Sunday, April 15, 2012

OCD Episode

So it started with me waking up at 2 am on morning and my mind was racing. I believe it was this past Tuesday. Anyway, all I could see in my head were images of me cutting myself. It didn't matter if it was a knife or razor, it was simply me cutting through my arms. The thoughts were overwhelming that I should do this. If I do this then there would be some kind of relief. The feelings were so strong that I went over to hug my husband and told him to keep me from hurting myself. He said he would and I went back to get my daughter back to sleep. The thoughts got worse and I saw myself cutting my wrist and urges to do so. I couldn't stop crying. I love my life and I don't want to kill myself, but I was horribly afraid I would if I didn't control those thoughts. I never went to sleep. I was crying the entire morning.

I told my husband that I thought I was going to kill myself and he had to take off work and get me to the psychiatrist. After telling the psychiatrist what happened he gave me the option of staying with my husband's constant supervision or to be hospitalized. I opted to be with my family and since then my mom has flown in and then my mother in law is coming in.
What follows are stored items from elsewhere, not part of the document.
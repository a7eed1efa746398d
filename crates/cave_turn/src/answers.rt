ghost use Rattle.std.specs.Prelude.{◌≡◌, ◌+◌, ◌<◌, ◌≤◌, []};
ghost use Rattle.arrayvec.specs.ArrayVec.{array_vec_len};
ghost use Rattle.turn_scene.specs.Bounds.{GoesOnSaying, HasRoom, MovesOnSaying, parts_of_arrival};
ghost use Rattle.turn_scene.specs.Bounds.{parts_of_answer, parts_of_finish, parts_of_question};
ghost use Rattle.turn_scene.specs.Scene.{scene_of, cave_of};
ghost use Rattle.turn_ends.specs.Questions.{is_dragon};
ghost use Rattle.cave_turn.specs.Answers.{answer_of, answer_in, after_yes, after_no};
ghost use Rattle.cave_turn.specs.Answers.{after_reply, is_of_hint, after_end_of_answer};
ghost use Rattle.cave_turn.specs.Answers.{after_answer, answers, without_question, is_yes};

use crate::finish::end_turn;
use crate::{dragon, revival};
use cave_words::Word;
use cave_world::{
    CLUE_HINT, Charge, Ending, HintNumber, INSTRUCTIONS_HINT, Out, Question, RowNotes, State, Table,
};
use data_rows::Role;
use turn_scene::{Rules, Scene, rows, start_place};

/// What a line answers to a question.
#[derive(Clone, Copy, Debug, PartialEq, Eq)]
pub enum Answer {
    Yes,
    No,
    Neither,
}

/// How many turns the lamp burns for a player who asked for the instructions.
const INSTRUCTED_CHARGE: i32 = 1000;

/// Takes a line as the answer to the open question.
#[tactic(auto, unfolding(crate::specs::Answers::after_answer))]
#[inline(never)]
pub fn take_answer<N: RowNotes>(
    rules: &Rules<'_>,
    question: &Question,
    line: &[u8],
    state: &mut State,
    out: &mut Out,
    notes: &mut N,
)
    requires parts { out.old.items ≡ [] }
    requires rows { N.rows notes.old ≡ [] }
    ensures state { (after_answer (cave_of rules.now) question.now line.now state.old).state
        ≡ state.new }
    ensures parts { (after_answer (cave_of rules.now) question.now line.now state.old).parts
        ≡ out.new.items }
    ensures rows { (after_answer (cave_of rules.now) question.now line.now state.old).rows
        ≡ N.rows notes.new }
    ensures few { array_vec_len out.new ≤ parts_of_answer }
{
    let answer = answer_in(rules, line);
    let mut scene = Scene::open(state, out, notes, false);
    take_reply(rules, question, answer, &mut scene);
    end_answer(rules, question, &mut scene);
}

fn answer_of(word: Word) -> Answer
    ensures { result ≡ answer_of word }
{
    if word.is(b"Y") || word.is(b"YES") {
        Answer::Yes
    } else if word.is(b"N") || word.is(b"NO") {
        Answer::No
    } else {
        Answer::Neither
    }
}

/// What a line answers to a question. Only its first word counts.
#[tactic(auto, unfolding(crate::specs::Answers::answer_in))]
pub fn answer_in(rules: &Rules<'_>, line: &[u8]) -> Answer
    ensures { result ≡ answer_in (cave_of rules.now) line.now }
{
    match rules.words_of(line).first {
        Some(word) => answer_of(word),
        None => Answer::Neither,
    }
}

/// Answers the question.
pub fn close_question(state: &mut State)
    ensures { state.new ≡ without_question state.old }
{
    state.question = None;
}

#[tactic(auto, unfolding(crate::specs::Answers::reply_rows))]
fn take_reply<N: RowNotes>(
    rules: &Rules<'_>,
    question: &Question,
    answer: Answer,
    scene: &mut Scene<'_, N>,
)
    requires { HasRoom (parts_of_arrival scene.old.left + 1) scene.old }
    ensures scene { scene_of N.rows scene.new
        ≡ after_reply (cave_of rules.now) question.now answer (scene_of N.rows scene.old) }
    ensures says { MovesOnSaying (parts_of_arrival scene.old.left + 1) scene.old scene.new }
{
    rows! { scene, Table::Replies;
        is_yes(answer) => {
            close_question(scene.state);
            do_yes(rules, question, scene);
        };
        matches!(answer, Answer::No) => {
            close_question(scene.state);
            do_no(rules, question, scene);
        };
        otherwise => say(Role::Answer), turn_ends::pose(rules, question);
    }
}

#[tactic(auto, unfolding(crate::specs::Answers::give_instructions, crate::specs::Answers::quit))]
fn do_yes<N: RowNotes>(rules: &Rules<'_>, question: &Question, scene: &mut Scene<'_, N>)
    requires { HasRoom (parts_of_arrival scene.old.left + 1) scene.old }
    ensures scene { scene_of N.rows scene.new
        ≡ after_yes (cave_of rules.now) question.now (scene_of N.rows scene.old) }
    ensures says { MovesOnSaying (parts_of_arrival scene.old.left + 1) scene.old scene.new }
{
    rows! { scene, Table::Yes;
        let Question::Welcome = question => say(Role::Instructions),
            take_hint(HintNumber::new(INSTRUCTIONS_HINT)),
            set_charge(Charge::new(INSTRUCTED_CHARGE)),
            turn_moves::arrive(rules, start_place(rules.cave));
        let Question::Quit = question => say(Role::Ok), turn_ends::end_as(rules, Ending::Quit);
        let Question::ScoreQuit = question => say(Role::Ok), turn_ends::end_as(rules, Ending::Quit);
        let Question::Die = question => revival::come_back(rules);
        let Question::Hint(number) = question => turn_clocks::price(rules, *number);
        let Question::Take(number) = question => turn_clocks::give_hint(rules, *number);
        let Question::Oyster = question
            => say(Role::OysterHint), take_hint(HintNumber::new(CLUE_HINT));
        let Question::Dragon = question => dragon::fight(rules);
    }
}

fn do_no<N: RowNotes>(rules: &Rules<'_>, question: &Question, scene: &mut Scene<'_, N>)
    requires { HasRoom (parts_of_arrival scene.old.left + 1) scene.old }
    ensures scene { scene_of N.rows scene.new
        ≡ after_no (cave_of rules.now) question.now (scene_of N.rows scene.old) }
    ensures says { MovesOnSaying (parts_of_arrival scene.old.left + 1) scene.old scene.new }
{
    rows! { scene, Table::No;
        let Question::Welcome = question => turn_moves::arrive(rules, start_place(rules.cave));
        let Question::Quit = question => say(Role::Ok);
        let Question::ScoreQuit = question => say(Role::Ok);
        let Question::Die = question => revival::bury(rules);
        let Question::Hint(_) = question => say(Role::Ok);
        let Question::Take(_) = question => say(Role::Ok);
        let Question::Oyster = question => say(Role::Ok);
        let Question::Dragon = question => {};
    }
}

fn is_of_hint(question: &Question) -> bool
    ensures { result ≡ is_of_hint question.now }
{
    matches!(question, Question::Hint(_) | Question::Take(_))
}

/// The turn ends, except after an answer about a hint.
fn end_answer<N: RowNotes>(rules: &Rules<'_>, question: &Question, scene: &mut Scene<'_, N>)
    requires { HasRoom (parts_of_finish + parts_of_question) scene.old }
    ensures scene { scene_of N.rows scene.new
        ≡ after_end_of_answer (cave_of rules.now) question.now (scene_of N.rows scene.old) }
    ensures says { GoesOnSaying parts_of_finish scene.old scene.new }
{
    if !is_of_hint(question) {
        end_turn(rules, scene);
    }
}

/// Whether a line answers a question, and isn't a command. To the question whether to fight the
/// dragon with bare hands any line except yes is a command.
pub fn answers(rules: &Rules<'_>, line: &[u8], question: &Question) -> bool
    ensures { result ≡ answers (cave_of rules.now) line.now question.now }
{
    !is_dragon(question) || is_yes(answer_in(rules, line))
}

fn is_dragon(question: &Question) -> bool
    ensures { result ≡ is_dragon question.now }
{
    matches!(question, Question::Dragon)
}

fn is_yes(answer: Answer) -> bool
    ensures { result ≡ is_yes answer }
{
    matches!(answer, Answer::Yes)
}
All in all I found out I am not as much of a suicide risk and just have had a bad episode of OCD. You think you have this disease figured out then something else comes on and you don't know what to do with it. I am on several medications now to calm the intrusive thoughts and evidently it was all from an SSRI, Luvox, that I just started that was the cause of this episode.

Now I just deal with the thoughts but it is better knowing that there isn't actually as much a risk of suicide. My psychologist tells me they are OCD thoughts and think of them as separate from my own. I have the avoidance compulsion still continues. Hopefully this will all go down soon.